February 2020 - Vettel keeps his head down in testing
After missing the opening day of pre-season testing due to illness, Vettel reaffirmed his position at Ferrari despite a low-key showing by the team in Barcelona.
The German felt confident the SF1000 was a step in the right direction compared to Ferrari's difficult 2019 car, but conceded the Italian manufacturer was on the back-foot against its front-running rivals.
"If you look at the big teams, then nobody is really trying to do anything fancy," Vettel said. "Most of the work is done in the background and you don't really see.
"I'm curious to really see where we are in Australia. But for sure, it's not like we leave the very strongest impression right now."
Noises from the team were positive about Vettel's contract talks, although he indicated that happiness rather than money would be key to his next decision. But with the 2020 F1 season suspended on the eve of the opening round by the coronavirus crisis, contract discussions stalled.
May 2020 - Ferrari confirms Vettel departure at the end of 2020
In a surprise announcement during the ongoing shutdown and delays to the start of the 2020 F1 season, Ferrari confirmed that Vettel would leave the team at the end of the year.
Vettel played down the lower money offer and conditions from Ferrari and hints at the "real priorities" which he has focused on in recent months, having become a father for the third time in 2019.

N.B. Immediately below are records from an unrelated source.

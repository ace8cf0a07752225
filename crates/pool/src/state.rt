//! The pool and a loan, as values.

ghost use Rattle.std.specs.Prelude.{◌≡◌};

use keys::FrameNo;
use ring::Ring;

/// The number of a pool, given to it when it is opened. It tells the loans of one pool from those of another.
#[derive(Clone, Copy, PartialEq, Eq, Debug)]
pub struct PoolNo(pub u32);

/// An open pool: plain numbers. Its frame bytes, its cells and its store are lent to each call.
#[derive(Drop)]
pub struct Pool {
    pub(crate) number: PoolNo,
    /// m, how many frames it has.
    pub(crate) frames: u32,
    pub(crate) ring: Ring,
}

/// A loan: the right to look at the page in a frame, elsewhere called a pin. Only a granted borrow makes one, nothing
/// doubles it, and it is not `Drop`: whoever has one returns it.
pub struct Loan {
    pub(crate) frame: FrameNo,
    pub(crate) pool: PoolNo,
}

impl Loan {
    /// The frame that the page lies in.
    pub fn frame(&self) -> FrameNo
        ensures { result ≡ self.now.frame }
    {
        self.frame
    }

    /// The number of the pool that granted it.
    pub fn pool(&self) -> PoolNo
        ensures { result ≡ self.now.pool }
    {
        self.pool
    }
}

impl Pool {
    /// The pool's number.
    pub fn number(&self) -> PoolNo
        ensures { result ≡ self.now.number }
    {
        self.number
    }

    /// m, how many frames the pool has.
    pub fn frame_count(&self) -> u32
        ensures { result ≡ self.now.frames }
    {
        self.frames
    }
}
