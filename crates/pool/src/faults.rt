//! The refusals of the pool.

ghost use Rattle.std.specs.Prelude.{◌≡◌, Some};
ghost use Rattle.pool.specs.Faults.{number, layer_of, reason, from_ring};
ghost use Rattle.pool.specs.declared.faults.PoolFault.TheVariants.{ByStore};

use records::Refusal;
use std::error::Error;
use std::fmt;
use stores::{Layer, StoreFault};

/// Why a call of a pool was refused. Each case has its number (specs/Faults.antt), and the call changed nothing.
#[derive(Clone, Copy, PartialEq, Eq, Debug)]
pub enum PoolFault {
    /// The store's page size is not from 1 to 4,096.
    PageSize,
    /// The number of frames is not from 2 to 4,096.
    FrameCount,
    /// There are not exactly m × P frame bytes.
    FrameBytes,
    /// There are not exactly 2 × m cells.
    Cells,
    /// The page has 255 loans already.
    LoanLimit,
    /// The key is not resident, no frame is unused, and every resident page has a loan.
    AllOnLoan,
    /// The loan has another pool's number, or its frame carries no loan.
    NotOnLoan,
    /// The bytes do not end within the page.
    PastPage,
    /// The store refused: its own fault, whole.
    ByStore(StoreFault),
}

impl PoolFault {
    /// The number of the refusal.
    // stays: a `match` and no discriminants, since a store's fault brings its own number.
    pub fn number(&self) -> u8
        ensures { result ≡ number self.now }
    {
        match self {
            PoolFault::PageSize => 1,
            PoolFault::FrameCount => 2,
            PoolFault::FrameBytes => 3,
            PoolFault::Cells => 4,
            PoolFault::LoanLimit => 10,
            PoolFault::AllOnLoan => 11,
            PoolFault::NotOnLoan => 12,
            PoolFault::PastPage => 14,
            PoolFault::ByStore(fault) => fault.number(),
        }
    }

    /// The layer whose question had the no.
    pub fn layer(&self) -> Layer
        ensures { result ≡ layer_of self.now }
    {
        match self {
            PoolFault::ByStore(fault) => fault.layer(),
            _ => Layer::Pool,
        }
    }

    /// What was wrong, in words.
    pub fn reason(&self) -> &'static str
        ensures { result.now ≡ reason self.now }
    {
        match self {
            PoolFault::PageSize => "the page size is not from 1 to 4096",
            PoolFault::FrameCount => "the number of frames is not from 2 to 4096",
            PoolFault::FrameBytes => "the frame bytes are not one page for each frame",
            PoolFault::Cells => "the cells are not two for each frame",
            PoolFault::LoanLimit => "the page has 255 loans already",
            PoolFault::AllOnLoan => "every page in the frames is on loan",
            PoolFault::NotOnLoan => "the loan is not one of this pool",
            PoolFault::PastPage => "the bytes do not end within the page",
            PoolFault::ByStore(fault) => fault.reason(),
        }
    }
}

/// The reason, in words.
impl fmt::Display for PoolFault {
    ghost output = { λ f. Some (reason f) };

    fn fmt<W: fmt::Write>(&self, f: &mut fmt::Formatter<W>) -> fmt::Result {
        f.write_str(self.reason())
    }
}

impl Error for PoolFault {}

/// A store's fault is carried whole, with its number and its layer.
impl From<StoreFault> for PoolFault {
    ghost from_gives = { λ e r. r ≡ ByStore e };

    fn from(fault: StoreFault) -> PoolFault {
        PoolFault::ByStore(fault)
    }
}

/// What the ring refuses, the pool refuses.
impl From<Refusal> for PoolFault {
    ghost from_gives = { λ e r. r ≡ from_ring e };

    fn from(refusal: Refusal) -> PoolFault {
        match refusal {
            Refusal::TooManyLoans => PoolFault::LoanLimit,
            Refusal::NoFrame => PoolFault::AllOnLoan,
        }
    }
}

"In order to get the best possible results in this sport, it's vital for all parties to work in perfect harmony. The team and I have realised that there is no longer a common desire to stay together beyond the end of this season," Vettel said.
"Financial matters have played no part in this joint decision. That's not the way I think when it comes to making certain choices and it never will be.
"What's been happening in these past few months has led many of us to reflect on what are our real priorities in life.
"I myself will take the time I need to reflect on what really matters when it comes to my future."